Por supuesto que se trata de ejemplos un tanto extremos, pero no debieran dejar de inquietar. Sucede que nos movemos más por la intuición o la afectividad que por meras conclusiones racionales. El acto de confianza no se explica del todo racionalmente en ningún caso. Pues la confianza precisamente comienza donde termina la seguridad racional. Después de todo, el animal racional que es el ser humano resulta no ser tan racional. Necesita de la fiesta, el amor y el riesgo como del pan de cada día.  

Entre la razón y el corazón
La razón camina hacia la claridad, desmenuza los pros y los contras de la coyuntura, trata de ordenar y planificar. En cuanto crece a expensas del corazón invade el terreno como un cáncer y la racionalidad adquiere rasgos caricaturescos: frialdad, objetividad a ultranza, intolerancia. Puede que el racionalista irradie mucha luz, pero ciertamente no expande el menor calor. Le falta abrir los oídos a las razones del corazón.

En el extremo contrario, el corazón tiende hacia el misterio, la profundidad, la receptividad. También al corazón le acechan determinados riesgos: el de marginar la razón y desplazarse hacia lo caótico y pasional. En tal caso sobrevienen toda clase de excesos, añoranzas y desbordamientos. Quien opta por el corazón ahogando la voz de la razón irradiará calor en el mejor de los supuestos, pero ninguna luz.

Al tratar con objetos es justo que se busque la mayor seguridad y garantía racional.

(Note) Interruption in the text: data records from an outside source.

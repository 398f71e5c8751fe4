ghost use Rattle.std.specs.Prelude.{◌≡◌, ◌++◌, [], ◌∷◌, Some, IfOk, OnOk, OnErr, IsErrOf, IsOk, IsNone, IsSome, map};
ghost use Rattle.fb_outside.specs.Causes.{HasCause};
ghost use Rattle.fb_outside.specs.Streams.{Grows, GrowsInPart};

use crate::outside::{Sink, Trouble};
use crate::schedule::Schedule;
use std::alloc::{AllocError, Global};
use std::marker::Model;

/// A sink that keeps what is put, and some of whose calls fail. A call that fails leaves nothing of its piece.
/// Contracts see it as what was written, and which calls fail.
#[derive(Debug, Drop)]
pub struct MemSink {
    written: Vec<u8>,
    schedule: Schedule,
}

impl Model for MemSink {
    ghost use Rattle.fb_outside.specs.Memory.{SinkState};

    ghost Value = { SinkState };

    ghost view = { λ s. record { written = s.written.items; counted = s.schedule } };
}

impl MemSink {
    ghost use Rattle.fb_outside.specs.Memory.{uncalled, plain_fail};

    /// A sink with nothing written. The calls with these numbers, from 0, fail.
    pub fn make(alloc: Global, fails: &[u64]) -> Result<MemSink, AllocError>
        ensures { IfOk result (λ s. s ≡ record { written = []; counted = uncalled (map plain_fail fails.now) }) }
    {
        let schedule = Schedule::at_calls(alloc, fails)?;
        Ok(MemSink {
            written: Vec::new(alloc),
            schedule,
        })
    }

    /// What was put so far.
    pub fn written(&self) -> &[u8]
        ensures { result.now ≡ self.now.written }
    {
        self.written.as_slice()
    }
}

impl Sink for MemSink {
    ghost use Rattle.fb_outside.specs.Memory.{called, next_fault};

    ghost faults = { λ s. s.counted.faults };

    ghost written = { λ s. Some s.written };

    fn put(&mut self, piece: &[u8]) -> Result<(), Trouble>
        ensures cause { HasCause self.old.counted.faults self.new.counted.faults (IsErrOf result Trouble.Failed) }
        ensures ok { OnOk result (Grows (Some self.old.written) (Some self.new.written) piece.now) }
        ensures failed { IsErrOf result Trouble.Failed → GrowsInPart (Some self.old.written) (Some self.new.written) piece.now }
        ensures memory { IsErrOf result Trouble.OutOfMemory → Some self.new.written ≡ Some self.old.written }

        // The calls that fail are those of the schedule, and they leave nothing.
        ensures fails { IsErrOf result Trouble.Failed → IsSome (next_fault self.old.counted) }
        ensures passes { IsOk result → IsNone (next_fault self.old.counted) }
        ensures never { self.old.counted.fails ≡ [] → IsErrOf result Trouble.Failed → ⊥ }
        ensures counted { self.new.counted ≡ called self.old.counted }
        ensures kept { OnErr result (self.new.written ≡ self.old.written) }
    {
        if self.schedule.count().is_some() {
            return Err(Trouble::Failed);
        }
        match self.written.extend_from_slice(piece) {
            Ok(()) => Ok(()),
            Err(_) => Err(Trouble::OutOfMemory),
        }
    }
}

En ello cifra la técnica su tarea. Pero cuando la relación no es de persona a cosa, sino de persona a persona, entonces varía la cuestión. La persona del otro, en efecto, no está ordenada al dominio ni a la explotación, sino a la convivencia libre y gozosa. El otro es y será siempre un misterio y no un objeto a manipular. La intimidad ajena no debe ser violada ni tomada por asalto. Ni se debe ni se puede, porque cuando tal acaece entonces el misterio personal que es cada uno, se esconde bajo su caparazón y rehúsa la relación.

La conclusión se impone. La única manera de acceder al misterio que es el otro consiste en la insinuación y la confianza. Cuando ha brotado un ambiente de mutua confianza se hace factible la comunión y el diálogo íntimo. No antes. Dicho con el vocabulario que venimos usando, ello equivale a declarar que la conexión personal con el otro es tarea del corazón más que de la razón. El corazón insinúa, comparte, se fía. La razón acecha, instrumentaliza, fuerza. O, al menos, tiende a ello si no para mientes en las razones del corazón.

Si un amigo quiere garantizar racionalmente y hasta el extremo el afecto de su amigo, puede despedirse de la relación. El afecto se ha desvanecido. Cuando la esposa pretende pruebas jurídicas del afecto de su esposo, el amor se ha evaporado. Un mínimo de confianza es exigido previamente a la hora de tratar con seres humanos que poseen dignidad, misterio e intimidad.